Dataset items:
== Segment start ==
//! The extension of the header (Z-Machine Standards Document 1.1, section 11.1.7).

ghost use Rattle.std.specs.Prelude.{◌≡◌, ◌≤◌, ◌+◌, length};
ghost use Rattle.zcore.specs.Layout.{header_size};
ghost use Rattle.zcore_standard.specs.Extension as definitions;

use zcore::layout::{HEADER_LENGTH, STATIC_BASE_WORD};
use ztext::read_word;

/// The header's word for the address of its extension, and the first version that has one.
const EXTENSION_WORD: usize = 0x36;

const FIRST_VERSION: u8 = 5;

/// The words of the extension that the player sets: Flags 3, the default foreground and the default
/// background.
const FLAGS_3: u16 = 4;

const FOREGROUND: u16 = 5;

const BACKGROUND: u16 = 6;

/// A word of the header from version 5 on, and 0 before.
pub fn late_word(story: &[u8], at: usize) -> u16
    requires header { header_size ≤ length story.now }
    requires at { at + 2 ≤ header_size }
    ensures { result ≡ definitions.late_word story.now at }
{
    if story[0] >= FIRST_VERSION {
        read_word(story, at)
    } else {
        0
    }
}

/// The address of the header's extension, or 0.
pub fn extension_of(story: &[u8]) -> u16
    requires { header_size ≤ length story.now }
    ensures { result ≡ definitions.extension_of story.now }
{
    late_word(story, EXTENSION_WORD)
}

/// The address of a word of the extension.
pub fn extension_place(story: &[u8], number: u16) -> usize
    requires { header_size ≤ length story.now }
    ensures { result ≡ definitions.extension_place story.now number }
{
    usize::from(extension_of(story)) + 2 * usize::from(number)
}

/// Whether the extension has a word in dynamic memory, after the header.
pub fn has_dynamic_word(story: &[u8], number: u16) -> bool
    requires { header_size ≤ length story.now }
    ensures { result ≡ definitions.has_dynamic_word story.now number }
{
    let start = usize::from(extension_of(story));
    if start < HEADER_LENGTH {
        return false;
    }
    let base = usize::from(read_word(story, STATIC_BASE_WORD));
    let end = story.len().min(base);
    let place = extension_place(story, number);
    if end < place + 2 {
        return false;
    }
    number <= read_word(story, start)
}

/// Makes those words of the extension in memory that the player sets as they are in a story, if it has
/// them in dynamic memory.
pub fn keep_words(memory: &mut [u8], story: &[u8])
    requires header { header_size ≤ length story.now }
    requires same { length memory.old ≡ length story.now }
    ensures words { memory.new ≡ definitions.with_words_of story.now memory.old }
    ensures same { length memory.new ≡ length memory.old }
{
    keep_word(memory, story, FLAGS_3);
    keep_word(memory, story, FOREGROUND);
    keep_word(memory, story, BACKGROUND);
}

/// The same for one word.
fn keep_word(memory: &mut [u8], story: &[u8], number: u16)
    requires header { header_size ≤ length story.now }
    requires same { length memory.old ≡ length story.now }
    ensures word { memory.new ≡ definitions.with_word_of story.now number memory.old }
    ensures same { length memory.new ≡ length memory.old }
{
    if has_dynamic_word(story, number) {
        let at = extension_place(story, number);
        memory[at] = story[at];
        memory[at + 1] = story[at + 1];
    }
}
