/// Statements in a row, up to a token with which none can begin. In each of them `depth` nestings
/// more may be opened.
///
/// A statement is
///
/// ```text
/// S = ";" | "{" {S} "}" | text ";" | ("print" | "print_ret") Item {"," Item} ";" | "new_line" ";"
///   | "if" "(" E ")" S ["else" S] | "while" "(" E ")" S | "do" S "until" "(" E ")" ";"
///   | "for" "(" [X] ":" [E] ":" [X] ")" S | "objectloop" "(" Loop ")" S
///   | "switch" "(" E ")" "{" {Case} ["default" ":" {S}] "}"
///   | "break" ";" | "continue" ";" | "return" [E] ";" | "rtrue" ";" | "rfalse" ";" | "quit" ";"
///   | "give" E (["~"] name)+ ";" | "move" E "to" E ";" | "remove" E ";" | "read" name name ";" | X ";"
/// Loop = name | name "in" E3 | E1
/// Item = text | "(" "char" ")" E | "(" "object" ")" E | E
/// Case = Range {"," Range} ":" {S}
/// Range = K ["to" K]
/// K = ["-"] number | char | word | name | "true" | "false" | "nothing"
/// ```
///
/// where E is an expression and X one with an effect: an assignment, a step or a call, in
/// parentheses or not. E3 is one without comparisons, E1 one without an assignment at its root; as
/// a `Loop` it begins with a name, and is none of the first two forms. An `else` belongs to the
/// nearest `if`. In a `switch` a K followed by `,`, `to` or `:` begins a case. Braces, the
/// parentheses of a condition, of the parts of a `for`, of a `Loop`, of `(char)` and `(object)`,
/// and a statement inside a statement are nestings, as are those of expressions.
///
/// # Errors
///
/// - `Fault::Grammar` at the first token with which no derivation goes on.
/// - `Fault::Deep` at the token for which no nesting is left.
/// - `Memory`: a growth is refused.
#[cycle(statement)]
#[tactic(auto, unfolding(syntax_statements::specs::Parse::statements), using(syntax_trees::proofs::Loops::joined_none))]
pub fn statements<'t, 'a>(parser: &mut Parser<'t, 'a>, depth: usize) -> Parsed<Vec<Statement<'a>>>
    ensures { Takes (λ xs. map statement_tree xs.items) result parser.new
        (spec.statements depth (ahead parser.old)) }
{
    let mut found = Vec::new(parser.alloc);
    for _turn in 0..parser.tokens.len() {
        if !begins_statement(peek(parser.tokens)) {
            break;
        }
        match add_next(parser, depth, &mut found) {
            Ok(()) => {}
            Err(e) => return Err(e),
        }
    }
    Ok(as_kept(found))
}
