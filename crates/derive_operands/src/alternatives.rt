//! Alternatives: `or` after `has`, `in`, `>` and kin.

ghost use Rattle.std.specs.Prelude.{◌≡◌, ◌≤◌, ◌<◌, ◌+◌, ◌^◌, ◌++◌, ◌∷◌, [], drop, false, length, reverse, true, IfOk, OnOk};
ghost use Rattle.derive_tokens.specs.Pieces.{derived, derived_all};
ghost use Rattle.derive_values.specs.Places.{opened_within};
ghost use Rattle.derive_tokens.specs.Held.{names_of};
ghost use Rattle.derive_statements.specs.Views.{token_of};
ghost use Rattle.derive_operands.specs.Alternatives as spec;
ghost use Rattle.derive_sums.specs.Views.{read_in};
ghost use Rattle.derive_operands.specs.AlternativeViews.{choosing_of};
ghost use Rattle.derive_operands.specs.Quiet as quiet;
ghost use Rattle.derive_operands.specs.QuietViews.{run_of};

use crate::quiet::{Run, area_of, quiet_run, scope_at, with_room};
use derive_expressions::{is_cast, is_in_body};
use derive_statements::is_before_header;
use derive_sums::{
    Part, count_of, ends_sum, is_or, key, operator_of, precedes_sum, takes_names, takes_sums,
};
use derive_tokens::{Names, Piece, after, is_sign, put_first, put_kind, put_numbered, put_piece};
use derive_values::{Scope, scope_after};
use std::alloc::{AllocError, Global};
use syntax_lexer::{Kind, Sign};

/// The alternatives that a token is in.
#[derive(Clone, Copy)]
pub enum Frame {
    /// None.
    Closed,

    /// Before the operator, whose sums are alternatives.
    Opened,

    /// After it.
    Listing,

    /// Before the operator, whose names are alternatives.
    Naming,
}

/// What is read: whether a sum may begin, the alternatives of each bracket that is open, the
/// innermost at the end, and how many tokens are to be passed.
#[derive(Drop)]
pub struct Choosing {
    pub scope: Scope,
    pub begins: bool,
    pub frame: Frame,
    pub outer: Vec<Frame>,
    pub passed: usize,
    /// How many tokens were looked through ahead.
    pub looked: usize,
}

#[inline(always)]
fn is_closed(frame: Frame) -> bool
    ensures { result ≡ spec.is_closed frame }
{
    matches!(frame, Frame::Closed)
}

// The bracket of `if` and kin, or of a rule, as `(char)`.
#[inline(always)]
fn is_no_operand(scope: Scope, piece: Piece<'_>, rest: &[Piece<'_>]) -> bool
    ensures { result ≡ spec.is_no_operand scope (derived piece.entry) (derived_all rest.now) }
{
    is_sign(piece, Sign::OpenParenthesis) && (is_before_header(scope) || is_cast(rest))
}

#[inline(always)]
fn chosen_frame(frame: Frame, operator: Option<Piece<'_>>) -> Frame
    ensures { result ≡ spec.chosen_frame frame (token_of operator.entry) }
{
    match operator {
        None => frame,
        Some(operator) => {
            if takes_names(operator) {
                Frame::Naming
            } else {
                Frame::Opened
            }
        }
    }
}

#[inline(always)]
fn closes_list(frame: Frame, piece: Piece<'_>) -> bool
    ensures { result ≡ spec.closes_list frame (derived piece.entry) }
{
    matches!(frame, Frame::Listing) && ends_sum(piece)
}

// The alternatives that a token is in, or begins.
#[inline(always)]
fn frame_now(frame: Frame, operator: Option<Piece<'_>>, piece: Piece<'_>) -> Frame
    ensures { result ≡ spec.frame_now frame (token_of operator.entry) (derived piece.entry) }
{
    if closes_list(frame, piece) {
        Frame::Closed
    } else {
        chosen_frame(frame, operator)
    }
}

// After a token that is no bracket.
#[inline(always)]
fn frame_moved(frame: Frame, piece: Piece<'_>) -> Frame
    ensures { result ≡ spec.frame_moved frame (derived piece.entry) }
{
    match frame {
        Frame::Opened => {
            if takes_sums(piece) {
                Frame::Listing
            } else {
                Frame::Opened
            }
        }
        Frame::Naming => {
            if takes_names(piece) {
                Frame::Closed
            } else {
                Frame::Naming
            }
        }
        Frame::Closed | Frame::Listing => frame,
    }
}

// How many tokens names with `or` between them are.
fn row_length(part: Part, met: usize) -> usize
    requires { read_in part met < 2 ^ 64 }
    ensures { result ≡ spec.row_length part met }
{
    match part {
        Part::Name | Part::Or => (met + met).saturating_sub(1),
        Part::Sought(_) | Part::Sums(_) => 0,
    }
}

// How many tokens the names after an operator are.
#[inline(always)]
fn names_passed(
    alloc: Global,
    current: Frame,
    piece: Piece<'_>,
    rest: &[Piece<'_>],
) -> Result<usize, AllocError>
    requires { length rest.now + 1 < 2 ^ 64 }
    ensures { IfOk result (λ passed. passed
        ≡ spec.names_passed current (derived piece.entry) (derived_all rest.now)) }
{
    match current {
        Frame::Naming => {
            if takes_names(piece) {
                let count = count_of(alloc, piece, rest)?;
                Ok(row_length(count.part, count.met))
            } else {
                Ok(0)
            }
        }
        Frame::Closed | Frame::Opened | Frame::Listing => Ok(0),
    }
}

// What a token stands for that is in this frame.
#[inline(always)]
#[tactic(auto, using(derive_tokens::proofs::Positions::position_derived))]
fn put_alone<'a>(
    out: &mut Vec<Piece<'a>>,
    current: Frame,
    piece: Piece<'a>,
) -> Result<(), AllocError>
    ensures { OnOk result (derived_all out.new.items
        ≡ derived_all out.old.items ++ spec.alone current (derived piece.entry) ∷ []) }
{
    match current {
        Frame::Opened => {
            if takes_sums(piece) {
                put_kind(out, Kind::Sign(Sign::Comma), piece.position)
            } else {
                put_piece(out, piece)
            }
        }
        Frame::Listing => {
            if is_or(piece) {
                put_kind(out, Kind::Sign(Sign::Comma), piece.position)
            } else {
                put_piece(out, piece)
            }
        }
        Frame::Naming => {
            if takes_names(piece) {
                put_kind(out, Kind::Sign(Sign::CloseParenthesis), piece.position)
            } else {
                put_piece(out, piece)
            }
        }
        Frame::Closed => put_piece(out, piece),
    }
}

#[inline(always)]
#[tactic(auto, using(derive_tokens::proofs::Positions::position_derived))]
fn put_list_end<'a>(
    out: &mut Vec<Piece<'a>>,
    frame: Frame,
    piece: Piece<'a>,
) -> Result<(), AllocError>
    ensures { OnOk result (derived_all out.new.items
        ≡ derived_all out.old.items ++ spec.list_end frame (derived piece.entry)) }
{
    if closes_list(frame, piece) {
        put_kind(out, Kind::Sign(Sign::CloseParenthesis), piece.position)
    } else {
        Ok(())
    }
}
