/// That of one with any number of operands.
fn older_several(number: u8, version: u8) -> Option<Row>
    requires { 1 ≤ version }
    ensures since { IfSome result (λ row. row.since ≤ version) }
    ensures said { said_in result ≡ said_by version (as_older (older_by numberings.Several number)) }
{
    older_opcodes!(Several number, version)
}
== Segment end ==
- What the task requires
From the line containing "1 ≤ version" through the last line of the records above, reproduce every line exactly.

- Output of the task
    requires { 1 ≤ version }
    ensures since { IfSome result (λ row. row.since ≤ version) }
    ensures said { said_in result ≡ said_by version (as_older (older_by numberings.Several number)) }
{
    older_opcodes!(Several number, version)
}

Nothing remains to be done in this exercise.